Records for the task:

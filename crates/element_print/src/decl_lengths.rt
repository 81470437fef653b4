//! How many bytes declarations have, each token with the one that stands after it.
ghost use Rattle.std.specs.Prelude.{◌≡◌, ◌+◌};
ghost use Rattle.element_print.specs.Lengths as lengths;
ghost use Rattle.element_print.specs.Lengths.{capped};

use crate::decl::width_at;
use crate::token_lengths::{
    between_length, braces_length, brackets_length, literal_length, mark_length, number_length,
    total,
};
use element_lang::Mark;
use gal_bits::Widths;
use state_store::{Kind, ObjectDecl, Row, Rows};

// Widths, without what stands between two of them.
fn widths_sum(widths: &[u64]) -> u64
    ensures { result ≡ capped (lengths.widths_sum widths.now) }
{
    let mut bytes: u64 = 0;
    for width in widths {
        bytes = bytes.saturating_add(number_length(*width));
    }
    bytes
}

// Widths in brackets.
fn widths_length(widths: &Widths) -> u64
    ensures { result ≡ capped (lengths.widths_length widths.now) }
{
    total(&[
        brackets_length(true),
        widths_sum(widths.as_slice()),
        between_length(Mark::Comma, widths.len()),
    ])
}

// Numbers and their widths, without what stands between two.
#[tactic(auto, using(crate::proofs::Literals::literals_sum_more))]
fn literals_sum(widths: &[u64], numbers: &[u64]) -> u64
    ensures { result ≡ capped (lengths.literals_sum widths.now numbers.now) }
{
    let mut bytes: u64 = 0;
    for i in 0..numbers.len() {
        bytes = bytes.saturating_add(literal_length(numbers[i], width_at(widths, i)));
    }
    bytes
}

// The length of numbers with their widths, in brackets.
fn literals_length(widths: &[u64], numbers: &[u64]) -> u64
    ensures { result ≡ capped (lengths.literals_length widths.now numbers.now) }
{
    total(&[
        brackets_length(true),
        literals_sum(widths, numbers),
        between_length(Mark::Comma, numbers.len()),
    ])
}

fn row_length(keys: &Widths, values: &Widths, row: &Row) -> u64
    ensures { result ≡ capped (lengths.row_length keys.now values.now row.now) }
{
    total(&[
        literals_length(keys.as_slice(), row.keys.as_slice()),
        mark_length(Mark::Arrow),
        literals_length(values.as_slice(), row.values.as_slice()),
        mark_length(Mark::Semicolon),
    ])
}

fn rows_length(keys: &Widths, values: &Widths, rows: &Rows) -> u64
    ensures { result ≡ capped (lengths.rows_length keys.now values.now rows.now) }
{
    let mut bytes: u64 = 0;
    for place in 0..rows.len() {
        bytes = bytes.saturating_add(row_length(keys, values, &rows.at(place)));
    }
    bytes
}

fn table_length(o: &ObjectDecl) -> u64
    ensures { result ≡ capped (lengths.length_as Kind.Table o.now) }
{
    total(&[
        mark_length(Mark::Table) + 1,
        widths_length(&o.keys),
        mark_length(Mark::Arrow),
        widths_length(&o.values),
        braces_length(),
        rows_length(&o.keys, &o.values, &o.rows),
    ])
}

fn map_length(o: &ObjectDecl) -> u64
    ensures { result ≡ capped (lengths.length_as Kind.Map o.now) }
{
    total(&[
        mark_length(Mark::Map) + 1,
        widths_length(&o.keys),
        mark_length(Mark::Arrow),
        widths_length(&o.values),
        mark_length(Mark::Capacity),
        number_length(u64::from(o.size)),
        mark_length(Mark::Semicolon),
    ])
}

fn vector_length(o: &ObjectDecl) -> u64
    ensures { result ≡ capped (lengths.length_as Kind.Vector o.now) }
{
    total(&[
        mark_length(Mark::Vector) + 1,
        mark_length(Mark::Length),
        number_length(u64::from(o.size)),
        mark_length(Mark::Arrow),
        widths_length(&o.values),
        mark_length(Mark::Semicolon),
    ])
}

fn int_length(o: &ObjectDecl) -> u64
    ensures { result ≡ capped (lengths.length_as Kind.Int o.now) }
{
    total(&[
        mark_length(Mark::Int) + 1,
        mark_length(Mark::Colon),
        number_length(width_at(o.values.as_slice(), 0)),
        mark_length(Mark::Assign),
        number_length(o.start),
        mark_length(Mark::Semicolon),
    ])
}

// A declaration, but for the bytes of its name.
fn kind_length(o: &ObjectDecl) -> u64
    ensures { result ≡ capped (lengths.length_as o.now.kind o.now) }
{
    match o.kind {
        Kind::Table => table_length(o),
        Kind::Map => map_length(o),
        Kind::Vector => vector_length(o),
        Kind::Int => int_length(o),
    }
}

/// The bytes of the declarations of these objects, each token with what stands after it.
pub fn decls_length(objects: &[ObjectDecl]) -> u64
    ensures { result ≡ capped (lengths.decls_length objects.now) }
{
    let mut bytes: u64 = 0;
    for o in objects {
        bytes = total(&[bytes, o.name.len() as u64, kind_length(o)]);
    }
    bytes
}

Try it:
Read through the material above, and whenever a line contains "specs", copy it.

Solution:
ghost use Rattle.std.specs.Prelude.{◌≡◌, ◌+◌};
ghost use Rattle.element_print.specs.Lengths as lengths;
ghost use Rattle.element_print.specs.Lengths.{capped};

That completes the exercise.